Образ Электры проникнут непримиримостью, отчужденностью от всех, истерическим надломом. (Недаром Гофмансталь интересовался современными ему работами о лечении истерии и исследованиями венской школы психоанализа.) Электра не хочет никого видеть, не выносит, когда смотрят на нее, когда с ней пытаются заговорить. Прислужниц по дому она гонит прочь, называя их мясными мухами, которые готовы покрыть ее раны. Пришедшую к ней Хри-софемиду Электра встречает достаточно неприветливо: "Что тебе надо? Говори, говори, излейся предо мной, потом уходи и оставь меня!" Точно так же — еще не узнанному Оресту: "Короче — прочь! Оставь меня, оставь меня, оставь меня!" Таким образом, и в речах Электры, и в отзывах о ней других персонажей, и в ремарках на первое место выступает ее исступленная одержимость, имеющая мало общего с достоинством трагической героини у Софокла.

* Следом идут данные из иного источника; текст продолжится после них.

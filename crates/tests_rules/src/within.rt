ghost use Rattle.std.specs.Prelude.{◌≡◌, IsTrue};
ghost use Rattle.cr_check_types.specs.Relations.{AreRows};

use cr_check_types::Table;

/// Whether each number is a row of the table.
#[tactic(auto, using(crate::proofs::Listed::more))]
pub fn all_rows(table: &Table, rows: &[u32]) -> bool
    ensures { IsTrue result → AreRows table.now rows.now }
{
    for at in 0..rows.len() {
        if rows[at] as usize >= table.len() {
            return false;
        }
    }
    true
}
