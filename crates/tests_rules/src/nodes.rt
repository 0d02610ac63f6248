use cr_rows::Row;
use cr_syntax::{Kind, Node};
use std::alloc::{AllocError, Global};

/// So many nodes without parts, of which these are contents of structures.
pub fn nodes_with(alloc: Global, count: u32, structures: &[u32]) -> Result<Vec<Node>, AllocError> {
    let mut nodes = Vec::new(alloc);
    for at in 0..count {
        nodes.push(Node {
            kind: kind_among(structures, at),
            first: 0,
            last: 0,
            parts: Row::new(alloc),
        })?;
    }
    Ok(nodes)
}

fn kind_among(structures: &[u32], at: u32) -> Kind {
    if structures.contains(&at) {
        Kind::StructContent
    } else {
        Kind::Int
    }
}
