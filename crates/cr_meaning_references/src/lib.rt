//! What each name of a file's unit finds by the numbers of nodes: a declaration before it, of its kind, and of an object that the program has (C11 6.2.1p7, 6.9p3).
//!
//! A module for each law. The program calls no function of this crate.
#![tactic(auto)]

pub mod constant;
pub mod told;
pub mod trees;
pub mod typedefs;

Еще существеннее другое отличие. У Софокла стремление Электры к мести направлено, в конечном счете, на восстановление универсума, разрушенного убийством царя и мужа, и чем ярче выявляется индивидуальность Электры, тем обоснованнее становится владеющая ею жажда мести. У Гофмансталя на первом месте — реализация Электрой своего собственного, надломленного горем "Я", об универсуме она не задумывается. Однако взятая ею на себя ноша превышает человеческие силы; взращенная в ней ненависть разрушает ее самое — отсюда смерть Электры у Гофмансталя в отличие от торжества Электры у Софокла. Как говорил о своей героине сам поэт, "именно содержание ее жизни разрушает ее изнутри, как превращающаяся в лед вода разрывает на куски глиняный сосуд"[860]. Испепеляя других своей дикой, истерической ненавистью, Электра сама сгорает в этом пламени. В другом месте Гофмансталь так писал о трагической основе мифа: "Мир, раздробленный на индивидуальности, стремится снова к единству"[861]. Это верно для древнегреческого мифологического сознания, каким мы знаем его по Эсхилу и Софоклу. В "Электре" Гофмансталя картина прямо противоположная: первое серьезное обращение к мифу об Оресте и Электре в XX в., связанное с выдвижением на первый план не Ореста (как в литературе XVIII-XIX в.), а Электры, означает его дегуманизацию, приводящую к разрушению личности.
Косвенное подтверждение этому дает в той же трагедии образ Хрисофемиды. И она, как ее сестра, не находит себе покоя в доме матери, ей все время чудится голос зовущего ее отца. От страха у нее день и ночь дрожат колени, сжато горло, она не может даже плакать, вся она — как камень. Но вместе с тем Хрисофемида, как всякая девушка, мечтает о замужестве и детях (Клитеместра, естественно, не выдает дочерей замуж, чтобы не вырос мститель за Агамемнона). Пусть ее супругом будет простой крестьянин (так перетолковывается завязка еврипидовской "Электры"), лишь бы он дал ей детей, чтобы в холодные и бурные ночи согревать их своим телом! В противоположность Электре, чье стремление направлено на месть и разрушение, естественный человеческий инстинкт побуждает Хрисофемиду к утверждению жизни с ее заботами и радостями.
2
Чтобы проследить за дальнейшим развитием интересующего нас сюжета, нам предстоит из Австрии начала XX в. переселиться в Соединенные Штаты Америки 20-30-х гг., где было создано одно из самых значительных произведений американской драматургии — трилогия Юджина О'Нила "Траур — участь Электры" (1931 г.).
О'Нил был не первым американским писателем, обработавшим миф об Электре, — за шесть лет до его трилогии увидела свет драматическая поэма (повествовательные части перемежаются в ней с обширными монологами и диалогами персонажей) Робинсона Джефферса "Башня, возвышающаяся над трагедией" (The Tower beyond Tragedy). Здесь дети Агамемнона исчезают в день его убийства, чтобы через 8 лет вернуться во дворец Атридов. Судьбу изгнанника влачит, таким образом, не только Орест, но и Электра, являющаяся в виде девочки-нищей, открывающаяся матери и настойчиво побуждающая пришедшего вскоре брата вонзить меч в тело Клитеместры. Однако народ Микен отвергает матереубийцу в качестве владельца царского престола и предлагает ему удалиться в горы.. Орест отдает себе отчет в том, что боги его руками достигли исполнения своего желания отмстить мужеубийце, но сам не ощущает удовлетворения от совершения мести и обрекает себя на одинокие скитания в горах Аркадии. Здесь он и погибает от укуса змеи, предварительно успев объясниться Электре в своем инцестуозном влечении к ней и встретив в ней ответное желание.